Each line in the data holding "ElmCounted" should be listed.

### PROVIDED RECORDS

========

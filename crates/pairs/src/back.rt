// Kinds 18 to 21: SME, DME, RB or SB between tasks a and b is taken back. Nothing conflicts with it.
ghost use Rattle.std.specs.Prelude.{◌≡◌, ◌<◌};
ghost use Rattle.rules.specs.Requests.{unrelate};
ghost use Rattle.book.specs.Tables.{number};
ghost use Rattle.book.specs.Slice.{tables};
ghost use Rattle.answers.specs.Answers.{said};
ghost use Rattle.deeds.specs.Outcome.{decide, Settled};

use crate::open_refusal;
use answers::{Answer, Refusal};
use book::Table;

// The answer: 6 where bit b of row a isn't set, whatever row b has; then 7 while an order is open.
fn judge_back(book: &book::Words, table: Table, a: u64, b: u64) -> Answer
    requires { (a < 64) × (b < 64) }
    ensures { said result ≡ decide (tables book.now) (unrelate (number table)) a b 0 }
{
    if !book::is_in_row(book, table, a, b) {
        return Err(Refusal::NotThere);
    }
    open_refusal(book)
}

// Both bits of the pair are taken back, the one that 6 asks for last: where the power fails between them, the request can be made again.
pub fn unrelate(book: &mut book::Words, table: Table, a: u64, b: u64) -> Answer
    requires { (a < 64) × (b < 64) }
    ensures { Settled book.old book.new (unrelate (number table)) a b 0 result }
{
    judge_back(book, table, a, b)?;
    book::take_from_row(book, table, b, a);
    book::take_from_row(book, table, a, b);
    Ok(())
}
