// Kinds 4 to 7: add SME, DME, RB or SB between tasks a and b; 18 to 21, in `back`, take it back. The four pair tables share each deed,
// over the table.
#![tactic(auto)]

mod back;

ghost use Rattle.std.specs.Prelude.{◌≡◌, ◌<◌};
ghost use Rattle.rules.specs.Requests.{relate};
ghost use Rattle.rules.specs.Numbers.{open_refusal, state_refusal, pair_conflicts, first_of};
ghost use Rattle.book.specs.Tables.{number};
ghost use Rattle.book.specs.Slice.{tables, WellFormed};
ghost use Rattle.answers.specs.Answers.{said};
ghost use Rattle.deeds.specs.Outcome.{decide, Settled};

use answers::{Answer, Refusal};
pub use back::unrelate;
use book::Table;

// 7 while an order is open.
fn open_refusal(book: &book::Words) -> Answer
    ensures { said result ≡ open_refusal (tables book.now) }
{
    match search::lowest_open(book) {
        Some(order) => Err(Refusal::OrderOpen(order)),
        None => Ok(()),
    }
}

// 5 where the pair is set already, 7 while an order is open.
fn pair_refusal(book: &book::Words, table: Table, a: u64, b: u64) -> Answer
    requires { (a < 64) × (b < 64) }
    ensures { said result ≡ state_refusal (tables book.now) (relate (number table)) a b 0 }
{
    if book::is_in_row(book, table, a, b) {
        return Err(Refusal::AlreadySet);
    }
    open_refusal(book)
}

// What conflicts with the new pair, by the table. A table that has no pairs is refused.
// Stays: a match on the table, as document 01 lists conflicts by kind; the kinds' tests as closures would be the same four lines elsewhere.
fn pair_conflict(book: &book::Words, table: Table, a: u64, b: u64) -> Answer
    requires { WellFormed book.now × (a < 64) × (b < 64) }
    ensures { said result ≡ first_of (pair_conflicts (number table)) (tables book.now) a b }
{
    match table {
        Table::Sme => exclusions::sme_conflict(book, a, b),
        Table::Dme => exclusions::dme_conflict(book, a, b),
        Table::Rb => bindings::rb_conflict(book, a, b),
        Table::Sb => bindings::sb_conflict(book, a, b),
        _ => Err(Refusal::UnknownKind),
    }
}

// The answer, on the book as it stands.
fn judge_pair(book: &book::Words, table: Table, a: u64, b: u64) -> Answer
    requires { WellFormed book.now × (a < 64) × (b < 64) }
    ensures { said result ≡ decide (tables book.now) (relate (number table)) a b 0 }
{
    pair_refusal(book, table, a, b)?;
    pair_conflict(book, table, a, b)
}

// Kinds 4 to 7: both bits of the pair, where nothing stands in the way.
pub fn relate(book: &mut book::Words, table: Table, a: u64, b: u64) -> Answer
    requires { WellFormed book.old × (a < 64) × (b < 64) }
    ensures { Settled book.old book.new (relate (number table)) a b 0 result }
{
    judge_pair(book, table, a, b)?;
    book::add_to_row(book, table, a, b);
    book::add_to_row(book, table, b, a);
    Ok(())
}
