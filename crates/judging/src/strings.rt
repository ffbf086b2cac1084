// Document 01, "The code grammar": judging one code, and a code string.
ghost use Rattle.std.specs.Prelude.{◌≡◌, false, ◌≤◌, length};
ghost use Rattle.paper.specs.Bytes.{any};
ghost use Rattle.paper.specs.Answers.{told};
ghost use Rattle.paper.specs.Sizes.{is_mark, value_mark};
ghost use Rattle.paper.specs.Records.{split};
ghost use Rattle.paper.specs.Checking.{judged, judged_all};
ghost use Rattle.grammar.specs.Heads.{elms_from};
ghost use Rattle.judging.specs.Tallies.{none_yet};
ghost use Rattle.judging.specs.Verdicts.{finished, judged_of, stray, verdict_in, verdict_of};

use crate::tallies::{conversion_kind, judgement, one_step, tally_after};
use crate::{BadCode, Counts, Tally};
use grammar::Head;
use grammar::elms::elm;
use grammar::heads::head;
use lent::first_within;
use paper::{Mark, Refusal};

// The elms of an F code: 6 is decided on the whole of it, and 7 and 18 only then.
fn judge_elms(code: &[u8], first: usize) -> Result<Counts, Refusal>
    requires { first ≤ length code.now }
    ensures { told result ≡ finished (elms_from code.now first) none_yet }
{
    // a loop: only an elm's reader says where the next begins
    let mut at = first;
    let mut tally = Tally::NONE_YET;
    loop {
        let read = elm(code, at)?;
        tally = tally_after(tally, read.value);
        if read.next == code.len() {
            return judgement(tally);
        }
        if code[read.next] != b';' {
            return Err(Refusal::NotInGrammar);
        }
        at = read.next + 1;
    }
}

// One whole code, in which no mark stands.
fn judge(code: &[u8]) -> Result<Counts, Refusal>
    requires { any is_mark code.now ≡ false }
    ensures { told result ≡ judged_of (judged code.now) }
{
    match head(code)? {
        Head::Function { first } => judge_elms(code, first),
        Head::Single(conversion) => Ok(one_step(conversion_kind(conversion))),
    }
}

// "Bytes 251, 252, 254, 255 and an empty code are 6": whether such a byte stands there, where a scan for marks stopped.
#[tactic(auto, unfolding(crate::specs::Verdicts::stray))]
fn stray(code: &[u8], at: usize) -> bool
    ensures { result ≡ stray code.now at }
{
    at < code.len() && code[at] != Mark::VALUE.byte
}

// "then the first bad code, 6 or 7", or 18, "with that code's number from 1"
pub(crate) fn check_codes(code: &[u8]) -> Result<Counts, BadCode>
    ensures { verdict_in result ≡ verdict_of (judged_all 1 (split value_mark code.now)) }
{
    // a loop: one scan tells where a code ends and that no other mark stands in it, which `split` and a scan of each code do in two
    let mut at = 0;
    let mut number = 1;
    let mut counts = Counts::NONE;
    loop {
        let end = first_within(code, at, code.len(), Mark::BUFFER.byte, Mark::SEGMENT.byte);
        if stray(code, end) {
            return Err(BadCode {
                refusal: Refusal::NotInGrammar,
                code: number,
            });
        }
        let more = judge(&code[at..end]).map_err(|refusal| BadCode {
            refusal,
            code: number,
        })?;
        counts = counts + more;
        if end == code.len() {
            return Ok(counts);
        }
        at = end + 1;
        number += 1;
    }
}
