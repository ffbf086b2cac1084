// Document 01, "The code grammar" (refusal 7) and "Steps" (A and B), and document 02, L1 and L5: the shape of an elm, and what the elms of an F code come to.
ghost use Rattle.std.specs.Prelude.{◌≡◌, ◌+◌, ◌≤◌};
ghost use Rattle.std.proofs.Common.{Fits};
ghost use Rattle.std.specs.Int.{w64};
ghost use Rattle.paper.specs.Bytes.{Bytes};
ghost use Rattle.paper.specs.Sizes.{stack_most};
ghost use Rattle.paper.specs.Answers.{told, length_in};
ghost use Rattle.paper.specs.Checking.{step_counts, shape};
ghost use Rattle.codes.specs.Meaning.{elm_of};
ghost use Rattle.codes.specs.Counting.{kind_of, elm_kind_of, ElmCounted};
ghost use Rattle.judging.specs.Tallies.{
  counts_in,
  counts_of,
  kind_in,
  step_kind,
  shape_in,
  added,
  steps,
  entries_after,
  onward,
  tally_after,
  judgement_of,
};

use crate::{Counts, Kind, Shape, Tally};
use codes::{Conversion, Elm, Operand};
use paper::{Limit, Refusal};
use std::ops::Add;

const STACK: u64 = Limit::STACK.most as u64;

// "A attribute loads and B other steps", and P codes with their tests: a step is one of these.
#[tactic(auto, unfolding(paper::specs::Checking::step_counts))]
pub(crate) fn one_step(kind: Kind) -> Counts
    ensures { result ≡ counts_in (step_counts (step_kind kind)) }
{
    match kind {
        Kind::Loading => Counts {
            loads: 1,
            ..Counts::NONE
        },
        Kind::Testing(tests) => Counts {
            patterns: 1,
            tests,
            ..Counts::NONE
        },
        Kind::Other => Counts {
            others: 1,
            ..Counts::NONE
        },
    }
}

impl Add for Counts {
    type Output = Counts;

    ghost can_add = { λ x y. Fits w64 (steps x + steps y) };

    ghost add_gives = { λ x y r. r ≡ added x (counts_of y) };

    #[tactic(auto, unfolding(crate::specs::Tallies::added, crate::specs::Tallies::steps, paper::specs::Checking::together))]
    fn add(self, more: Counts) -> Counts {
        Counts {
            loads: self.loads + more.loads,
            others: self.others + more.others,
            patterns: self.patterns + more.patterns,
            tests: self.tests + more.tests,
        }
    }
}

// "With T tests in the code": what the step of a code other than F is counted as.
#[tactic(auto, unfolding(codes::specs::Counting::kind_of))]
pub(crate) fn conversion_kind(conversion: Conversion) -> Kind
    ensures { result ≡ kind_in (kind_of conversion) }
{
    match conversion {
        Conversion::Patterns { tests, .. } => Kind::Testing(tests),
        _ => Kind::Other,
    }
}

// What the step of an elm is counted as.
#[tactic(auto, unfolding(codes::specs::Counting::elm_kind_of))]
fn kind(elm: Elm) -> Kind
    ensures { result ≡ kind_in (elm_kind_of elm) }
{
    match elm {
        Elm::Push(Operand::Attribute { .. }) => Kind::Loading,
        Elm::Convert(conversion) => conversion_kind(conversion),
        _ => Kind::Other,
    }
}

// "`P` takes one entry .., `_` takes .. two, a literal or LPV takes none"
#[tactic(auto, unfolding(codes::specs::Meaning::elm_of, codes::specs::Meaning::operand_of, paper::specs::Checking::shape))]
fn takes(elm: Elm) -> u64
    ensures { (string : Bytes) → result ≡ (shape (elm_of string elm)).takes }
{
    match elm {
        Elm::Push(_) => 0,
        Elm::Binary(_) => 2,
        Elm::Substring => 3,
        Elm::Exchange => 2,
        Elm::Duplicate => 1,
        Elm::Convert(_) => 1,
    }
}

// "`P` .. puts two, `_` .. puts two"
#[tactic(auto, unfolding(codes::specs::Meaning::elm_of, codes::specs::Meaning::operand_of, paper::specs::Checking::shape))]
fn puts(elm: Elm) -> u64
    ensures { (string : Bytes) → result ≡ (shape (elm_of string elm)).puts }
{
    match elm {
        Elm::Push(_) => 1,
        Elm::Binary(_) => 1,
        Elm::Substring => 1,
        Elm::Exchange => 2,
        Elm::Duplicate => 2,
        Elm::Convert(_) => 1,
    }
}

// The shape of an elm. A match of constants for the entries taken and for those put is compiled to a look-up, one match for all fields to a jump.
fn shape(elm: Elm) -> Shape
    ensures value { (string : Bytes) → ElmCounted string elm → result ≡ shape_in (shape (elm_of string elm)) }
    ensures puts_bound { (result.puts ≤ 2) × (result.kind ≡ kind_in (elm_kind_of elm)) }
{
    let kind = kind(elm);
    Shape {
        takes: takes(elm),
        puts: puts(elm),
        kind,
    }
}

// "takes more entries than are there, or would hold 17": refusal 7, and it stays; or the entries after an elm.
#[tactic(auto, unfolding(crate::specs::Tallies::entries_after, crate::specs::Tallies::room))]
fn entries(shape: Shape, held: Result<u64, Refusal>) -> Result<u64, Refusal>
    requires { (length_in held ≤ stack_most) × (shape.puts ≤ 2) }
    ensures { result ≡ onward held (entries_after shape) }
{
    let held = held?;
    if held < shape.takes {
        return Err(Refusal::StackFault);
    }
    let after = held - shape.takes + shape.puts;
    if STACK < after {
        return Err(Refusal::StackFault);
    }
    Ok(after)
}

// One elm more.
pub(crate) fn tally_after(tally: Tally, elm: Elm) -> Tally
    requires { (length_in tally.held ≤ stack_most) × Fits w64 (steps tally.counts + steps (counts_in (step_counts (elm_kind_of elm)))) }
    ensures { (string : Bytes) → ElmCounted string elm → result ≡ tally_after (elm_of string elm) tally }
{
    let shape = shape(elm);
    let held = entries(shape, tally.held);
    let counts = tally.counts + one_step(shape.kind);
    Tally { held, counts }
}

// A whole F code: its faults in their order, 7 and then "an F code must end with exactly one entry"; and then its steps.
#[tactic(auto, unfolding(crate::specs::Tallies::judgement_of))]
pub(crate) fn judgement(tally: Tally) -> Result<Counts, Refusal>
    ensures { told result ≡ judgement_of tally }
{
    let held = tally.held?;
    if held != 1 {
        return Err(Refusal::LeftOverEntries);
    }
    Ok(tally.counts)
}
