// Document 01, "The code grammar" and "Steps" (A and B), and document 02, L1 (P and T) and L5 (18): checking a code string, code by code, and the
// steps that it counts.
// Every contract is an equality with a definition that proofs/ tie to crates/paper.
#![tactic(auto)]

mod strings;
mod tallies;

ghost use Rattle.std.specs.Prelude.{◌≡◌};
ghost use Rattle.paper.specs.Checking.{check, report};
ghost use Rattle.judging.specs.Verdicts.{verdict_in, verdict_of, report_in};

use paper::{Limit, Refusal};

// Steps by their kind: "A attribute loads and B other steps", P codes, which B does not count, and the tests in all of them.
#[derive(Clone, Copy)]
pub struct Counts {
    pub loads: u64,
    pub others: u64,
    pub patterns: u64,
    pub tests: u64,
}

impl Counts {
    pub const NONE: Counts = Counts {
        loads: 0,
        others: 0,
        patterns: 0,
        tests: 0,
    };
}

// What a step is counted as: a load, a P code with its tests, or another.
#[derive(Clone, Copy)]
pub(crate) enum Kind {
    Loading,
    Testing(u64),
    Other,
}

// Entries that an elm takes and puts, and what its step is counted as.
#[derive(Clone, Copy)]
pub(crate) struct Shape {
    pub takes: u64,
    pub puts: u64,
    pub kind: Kind,
}

// The elms of an F code so far: the entries held, or the first fault, refusal 7, and the steps. 6 is decided on the whole code, and a fault only then.
#[derive(Clone, Copy)]
pub(crate) struct Tally {
    pub held: Result<u64, Refusal>,
    pub counts: Counts,
}

impl Tally {
    // "F starts with an empty stack."
    pub(crate) const NONE_YET: Tally = Tally {
        held: Ok(0),
        counts: Counts::NONE,
    };
}

// A refusal, "with the number of the first bad code".
#[derive(Clone, Copy)]
pub struct BadCode {
    pub refusal: Refusal,
    pub code: u64,
}

// "Checking: 5 (with code number 0), then the first bad code .. accepted, it gives A and B", and P and T with them.
pub fn check(code: &[u8]) -> Result<Counts, BadCode>
    ensures value { verdict_in result ≡ verdict_of (check code.now) }
    ensures result_value { report_in result ≡ report (check code.now) }
{
    if Limit::CODE.most < code.len() {
        return Err(BadCode {
            refusal: Refusal::OverLongCode,
            code: 0,
        });
    }
    if code.is_empty() {
        return Ok(Counts::NONE);
    }
    strings::check_codes(code)
}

========

### EXERCISE ANSWER
ghost use Rattle.codes.specs.Counting.{kind_of, elm_kind_of, ElmCounted};
    ensures value { (string : Bytes) → ElmCounted string elm → result ≡ shape_in (shape (elm_of string elm)) }
    ensures { (string : Bytes) → ElmCounted string elm → result ≡ tally_after (elm_of string elm) tally }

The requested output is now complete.